## Brief
Exact reproduction required: the lines below from the line with "global, &texts.settings, &texts.input);" to the line with "several refuse a", both ends included, and no others.

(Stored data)
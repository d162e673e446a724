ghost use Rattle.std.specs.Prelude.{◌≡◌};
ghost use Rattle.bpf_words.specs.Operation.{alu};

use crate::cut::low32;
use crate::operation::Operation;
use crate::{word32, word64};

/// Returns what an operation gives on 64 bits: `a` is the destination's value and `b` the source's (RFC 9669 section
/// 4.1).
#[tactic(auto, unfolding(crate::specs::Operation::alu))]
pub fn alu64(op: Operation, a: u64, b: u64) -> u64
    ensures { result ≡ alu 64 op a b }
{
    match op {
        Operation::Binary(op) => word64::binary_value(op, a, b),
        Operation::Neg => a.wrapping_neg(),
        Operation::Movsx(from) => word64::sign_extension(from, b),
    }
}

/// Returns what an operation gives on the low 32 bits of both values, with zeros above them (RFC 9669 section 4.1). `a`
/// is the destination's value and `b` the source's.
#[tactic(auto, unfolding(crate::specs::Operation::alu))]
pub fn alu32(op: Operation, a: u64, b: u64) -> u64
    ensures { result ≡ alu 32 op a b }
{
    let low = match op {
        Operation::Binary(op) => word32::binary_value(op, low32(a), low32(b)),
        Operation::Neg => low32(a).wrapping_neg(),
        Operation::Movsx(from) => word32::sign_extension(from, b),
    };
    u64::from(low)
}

==

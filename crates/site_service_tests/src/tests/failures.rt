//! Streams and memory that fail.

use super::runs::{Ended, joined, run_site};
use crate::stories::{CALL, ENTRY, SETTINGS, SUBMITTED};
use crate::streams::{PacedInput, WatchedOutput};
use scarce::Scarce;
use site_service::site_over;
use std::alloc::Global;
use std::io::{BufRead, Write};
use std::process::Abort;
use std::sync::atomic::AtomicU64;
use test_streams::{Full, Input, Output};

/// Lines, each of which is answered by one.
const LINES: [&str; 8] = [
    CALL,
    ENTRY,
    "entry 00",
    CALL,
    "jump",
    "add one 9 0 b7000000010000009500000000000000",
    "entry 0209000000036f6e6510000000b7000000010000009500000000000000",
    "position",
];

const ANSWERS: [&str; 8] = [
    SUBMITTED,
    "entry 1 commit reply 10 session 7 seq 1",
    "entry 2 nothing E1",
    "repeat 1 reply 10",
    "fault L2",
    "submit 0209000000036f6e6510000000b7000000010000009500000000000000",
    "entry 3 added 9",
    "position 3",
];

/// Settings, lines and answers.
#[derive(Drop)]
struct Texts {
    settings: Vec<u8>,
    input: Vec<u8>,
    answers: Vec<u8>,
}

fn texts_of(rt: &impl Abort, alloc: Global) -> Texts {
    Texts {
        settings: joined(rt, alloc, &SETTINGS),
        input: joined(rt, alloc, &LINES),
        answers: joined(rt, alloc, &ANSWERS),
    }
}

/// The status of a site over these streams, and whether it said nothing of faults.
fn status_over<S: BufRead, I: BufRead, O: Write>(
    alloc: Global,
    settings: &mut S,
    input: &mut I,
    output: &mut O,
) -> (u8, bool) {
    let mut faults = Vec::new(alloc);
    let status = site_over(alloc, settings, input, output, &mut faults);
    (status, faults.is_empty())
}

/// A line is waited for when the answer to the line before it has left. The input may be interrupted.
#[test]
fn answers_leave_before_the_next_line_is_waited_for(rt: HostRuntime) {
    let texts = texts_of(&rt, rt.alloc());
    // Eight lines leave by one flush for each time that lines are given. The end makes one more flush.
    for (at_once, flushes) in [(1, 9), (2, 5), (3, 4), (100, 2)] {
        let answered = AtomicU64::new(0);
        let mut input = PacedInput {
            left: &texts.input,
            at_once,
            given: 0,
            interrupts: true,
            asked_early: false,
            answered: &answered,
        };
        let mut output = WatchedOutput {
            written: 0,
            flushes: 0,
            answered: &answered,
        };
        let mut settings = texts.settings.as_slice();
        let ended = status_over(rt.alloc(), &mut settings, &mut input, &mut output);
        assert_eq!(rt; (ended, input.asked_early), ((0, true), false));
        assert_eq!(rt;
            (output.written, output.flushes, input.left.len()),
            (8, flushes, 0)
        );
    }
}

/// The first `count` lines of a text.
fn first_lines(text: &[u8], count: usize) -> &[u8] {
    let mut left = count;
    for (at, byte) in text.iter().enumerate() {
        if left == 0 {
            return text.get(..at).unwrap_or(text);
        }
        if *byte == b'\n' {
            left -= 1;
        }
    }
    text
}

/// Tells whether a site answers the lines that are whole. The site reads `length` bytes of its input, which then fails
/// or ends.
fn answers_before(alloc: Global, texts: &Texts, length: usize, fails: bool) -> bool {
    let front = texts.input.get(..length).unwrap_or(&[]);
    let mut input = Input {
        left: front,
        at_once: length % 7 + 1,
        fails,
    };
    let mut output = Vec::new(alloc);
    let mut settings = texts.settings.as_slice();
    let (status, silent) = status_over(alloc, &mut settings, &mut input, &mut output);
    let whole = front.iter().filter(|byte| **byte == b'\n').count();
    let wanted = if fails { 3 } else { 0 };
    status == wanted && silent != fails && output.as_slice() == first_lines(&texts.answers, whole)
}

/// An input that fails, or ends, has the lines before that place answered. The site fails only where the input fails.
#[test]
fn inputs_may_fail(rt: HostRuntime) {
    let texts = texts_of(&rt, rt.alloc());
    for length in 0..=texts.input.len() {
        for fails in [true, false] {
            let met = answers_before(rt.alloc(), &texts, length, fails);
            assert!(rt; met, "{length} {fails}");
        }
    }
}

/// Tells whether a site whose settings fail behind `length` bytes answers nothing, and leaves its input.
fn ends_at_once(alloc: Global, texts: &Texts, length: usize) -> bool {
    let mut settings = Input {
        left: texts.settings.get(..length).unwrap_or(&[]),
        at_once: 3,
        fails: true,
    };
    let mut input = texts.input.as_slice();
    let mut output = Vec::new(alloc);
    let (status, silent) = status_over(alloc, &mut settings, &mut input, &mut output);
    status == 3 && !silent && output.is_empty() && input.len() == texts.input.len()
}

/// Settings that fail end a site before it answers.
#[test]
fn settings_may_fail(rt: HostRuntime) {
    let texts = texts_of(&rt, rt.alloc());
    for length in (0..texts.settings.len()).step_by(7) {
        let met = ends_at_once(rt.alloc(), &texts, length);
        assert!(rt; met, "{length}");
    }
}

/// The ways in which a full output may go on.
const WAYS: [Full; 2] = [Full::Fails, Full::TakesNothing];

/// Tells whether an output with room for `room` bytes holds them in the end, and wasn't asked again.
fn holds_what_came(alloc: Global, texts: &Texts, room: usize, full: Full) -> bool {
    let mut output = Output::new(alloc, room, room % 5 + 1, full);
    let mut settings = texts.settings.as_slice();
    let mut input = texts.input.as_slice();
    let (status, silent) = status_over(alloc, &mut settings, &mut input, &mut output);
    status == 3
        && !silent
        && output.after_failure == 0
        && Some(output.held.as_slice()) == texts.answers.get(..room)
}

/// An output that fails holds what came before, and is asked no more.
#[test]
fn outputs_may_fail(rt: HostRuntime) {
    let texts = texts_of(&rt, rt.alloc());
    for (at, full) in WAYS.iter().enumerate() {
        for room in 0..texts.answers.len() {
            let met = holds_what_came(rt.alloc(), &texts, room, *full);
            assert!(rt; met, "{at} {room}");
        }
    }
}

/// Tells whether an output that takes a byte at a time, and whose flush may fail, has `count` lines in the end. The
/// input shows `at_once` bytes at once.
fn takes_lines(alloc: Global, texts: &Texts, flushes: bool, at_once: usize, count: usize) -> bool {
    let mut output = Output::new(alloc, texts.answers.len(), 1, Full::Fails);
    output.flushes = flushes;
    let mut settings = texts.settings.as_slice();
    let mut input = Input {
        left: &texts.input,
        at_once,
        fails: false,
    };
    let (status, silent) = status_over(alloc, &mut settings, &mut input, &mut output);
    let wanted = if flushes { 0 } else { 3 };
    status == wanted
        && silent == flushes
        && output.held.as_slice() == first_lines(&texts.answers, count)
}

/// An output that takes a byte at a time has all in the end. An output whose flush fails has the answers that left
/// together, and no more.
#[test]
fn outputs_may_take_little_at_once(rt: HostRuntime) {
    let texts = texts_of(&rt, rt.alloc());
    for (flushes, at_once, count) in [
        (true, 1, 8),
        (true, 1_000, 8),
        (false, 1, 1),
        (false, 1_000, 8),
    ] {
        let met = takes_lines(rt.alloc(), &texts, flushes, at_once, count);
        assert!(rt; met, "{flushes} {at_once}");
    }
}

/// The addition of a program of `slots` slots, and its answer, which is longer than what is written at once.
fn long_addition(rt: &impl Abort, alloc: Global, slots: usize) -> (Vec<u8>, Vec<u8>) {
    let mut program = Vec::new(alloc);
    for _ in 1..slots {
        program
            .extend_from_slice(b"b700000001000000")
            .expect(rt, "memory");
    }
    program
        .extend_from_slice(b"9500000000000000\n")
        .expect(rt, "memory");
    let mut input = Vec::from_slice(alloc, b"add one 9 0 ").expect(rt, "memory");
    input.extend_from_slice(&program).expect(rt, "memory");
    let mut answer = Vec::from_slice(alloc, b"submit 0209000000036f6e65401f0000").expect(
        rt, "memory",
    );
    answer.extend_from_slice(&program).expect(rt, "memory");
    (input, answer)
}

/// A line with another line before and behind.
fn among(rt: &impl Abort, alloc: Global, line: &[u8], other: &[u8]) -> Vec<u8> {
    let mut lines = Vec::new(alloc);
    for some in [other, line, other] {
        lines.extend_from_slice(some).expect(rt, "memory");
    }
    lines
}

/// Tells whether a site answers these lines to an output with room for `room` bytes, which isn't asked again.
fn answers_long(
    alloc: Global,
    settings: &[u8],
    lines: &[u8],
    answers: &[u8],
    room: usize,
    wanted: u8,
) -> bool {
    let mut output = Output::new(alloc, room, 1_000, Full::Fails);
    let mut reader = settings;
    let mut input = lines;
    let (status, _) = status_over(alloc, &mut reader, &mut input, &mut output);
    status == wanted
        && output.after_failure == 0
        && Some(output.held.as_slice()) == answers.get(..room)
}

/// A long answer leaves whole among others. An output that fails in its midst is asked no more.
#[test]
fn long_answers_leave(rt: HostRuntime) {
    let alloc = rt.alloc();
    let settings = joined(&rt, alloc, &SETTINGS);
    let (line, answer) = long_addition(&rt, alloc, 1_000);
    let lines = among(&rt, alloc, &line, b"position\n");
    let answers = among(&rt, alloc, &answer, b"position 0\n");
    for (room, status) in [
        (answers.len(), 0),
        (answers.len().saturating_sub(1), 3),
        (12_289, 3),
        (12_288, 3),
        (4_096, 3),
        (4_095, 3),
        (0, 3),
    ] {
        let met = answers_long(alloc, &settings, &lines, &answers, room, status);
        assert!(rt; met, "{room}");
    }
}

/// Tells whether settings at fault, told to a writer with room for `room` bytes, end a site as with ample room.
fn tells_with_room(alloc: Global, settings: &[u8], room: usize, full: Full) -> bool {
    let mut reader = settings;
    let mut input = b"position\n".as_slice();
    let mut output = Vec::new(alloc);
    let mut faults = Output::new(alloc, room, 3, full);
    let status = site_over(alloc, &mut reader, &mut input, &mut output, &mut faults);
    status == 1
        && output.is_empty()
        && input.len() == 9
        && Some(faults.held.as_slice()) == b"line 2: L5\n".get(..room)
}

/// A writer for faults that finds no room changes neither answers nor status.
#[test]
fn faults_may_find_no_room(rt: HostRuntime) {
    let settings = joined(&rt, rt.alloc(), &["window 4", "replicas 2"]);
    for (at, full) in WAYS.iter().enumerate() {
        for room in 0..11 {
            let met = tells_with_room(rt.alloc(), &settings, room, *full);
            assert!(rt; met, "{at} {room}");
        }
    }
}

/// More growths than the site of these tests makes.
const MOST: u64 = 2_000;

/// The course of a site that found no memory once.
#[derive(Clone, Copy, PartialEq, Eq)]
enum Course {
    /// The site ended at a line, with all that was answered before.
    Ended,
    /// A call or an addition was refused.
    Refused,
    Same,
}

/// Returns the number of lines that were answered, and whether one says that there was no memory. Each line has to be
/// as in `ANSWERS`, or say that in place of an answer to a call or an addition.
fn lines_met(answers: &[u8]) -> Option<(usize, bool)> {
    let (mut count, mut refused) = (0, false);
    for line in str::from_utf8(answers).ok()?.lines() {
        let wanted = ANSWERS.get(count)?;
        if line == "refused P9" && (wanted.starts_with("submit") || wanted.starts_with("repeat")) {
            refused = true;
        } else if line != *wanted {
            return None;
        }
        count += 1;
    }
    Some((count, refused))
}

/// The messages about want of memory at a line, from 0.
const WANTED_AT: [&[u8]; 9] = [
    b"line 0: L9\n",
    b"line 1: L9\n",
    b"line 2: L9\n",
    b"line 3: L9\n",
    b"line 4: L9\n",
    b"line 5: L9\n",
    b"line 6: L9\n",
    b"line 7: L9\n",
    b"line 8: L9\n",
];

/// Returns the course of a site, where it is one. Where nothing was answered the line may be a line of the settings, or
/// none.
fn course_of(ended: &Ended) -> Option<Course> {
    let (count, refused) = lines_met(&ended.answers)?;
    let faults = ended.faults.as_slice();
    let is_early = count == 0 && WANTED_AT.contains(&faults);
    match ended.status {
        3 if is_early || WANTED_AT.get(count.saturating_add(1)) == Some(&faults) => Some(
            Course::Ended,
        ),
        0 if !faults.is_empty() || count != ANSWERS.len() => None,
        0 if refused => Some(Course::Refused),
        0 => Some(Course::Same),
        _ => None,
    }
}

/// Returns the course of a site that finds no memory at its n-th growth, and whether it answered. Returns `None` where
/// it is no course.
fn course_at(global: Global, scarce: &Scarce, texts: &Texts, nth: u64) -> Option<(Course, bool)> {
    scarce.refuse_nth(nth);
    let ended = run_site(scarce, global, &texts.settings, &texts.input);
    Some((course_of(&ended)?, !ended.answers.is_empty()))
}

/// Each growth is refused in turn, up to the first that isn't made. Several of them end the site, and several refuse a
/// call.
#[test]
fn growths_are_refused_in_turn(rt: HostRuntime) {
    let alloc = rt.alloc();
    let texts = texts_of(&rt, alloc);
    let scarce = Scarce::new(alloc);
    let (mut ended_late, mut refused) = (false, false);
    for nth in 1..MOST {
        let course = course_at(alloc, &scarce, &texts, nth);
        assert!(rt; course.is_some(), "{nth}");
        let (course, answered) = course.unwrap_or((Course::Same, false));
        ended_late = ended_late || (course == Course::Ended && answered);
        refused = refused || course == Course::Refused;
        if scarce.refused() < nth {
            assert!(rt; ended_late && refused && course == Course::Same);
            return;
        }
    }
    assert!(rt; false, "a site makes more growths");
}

## Response
    let ended = run_site(scarce, global, &texts.settings, &texts.input);
    Some((course_of(&ended)?, !ended.answers.is_empty()))
}

/// Each growth is refused in turn, up to the first that isn't made. Several of them end the site, and several refuse a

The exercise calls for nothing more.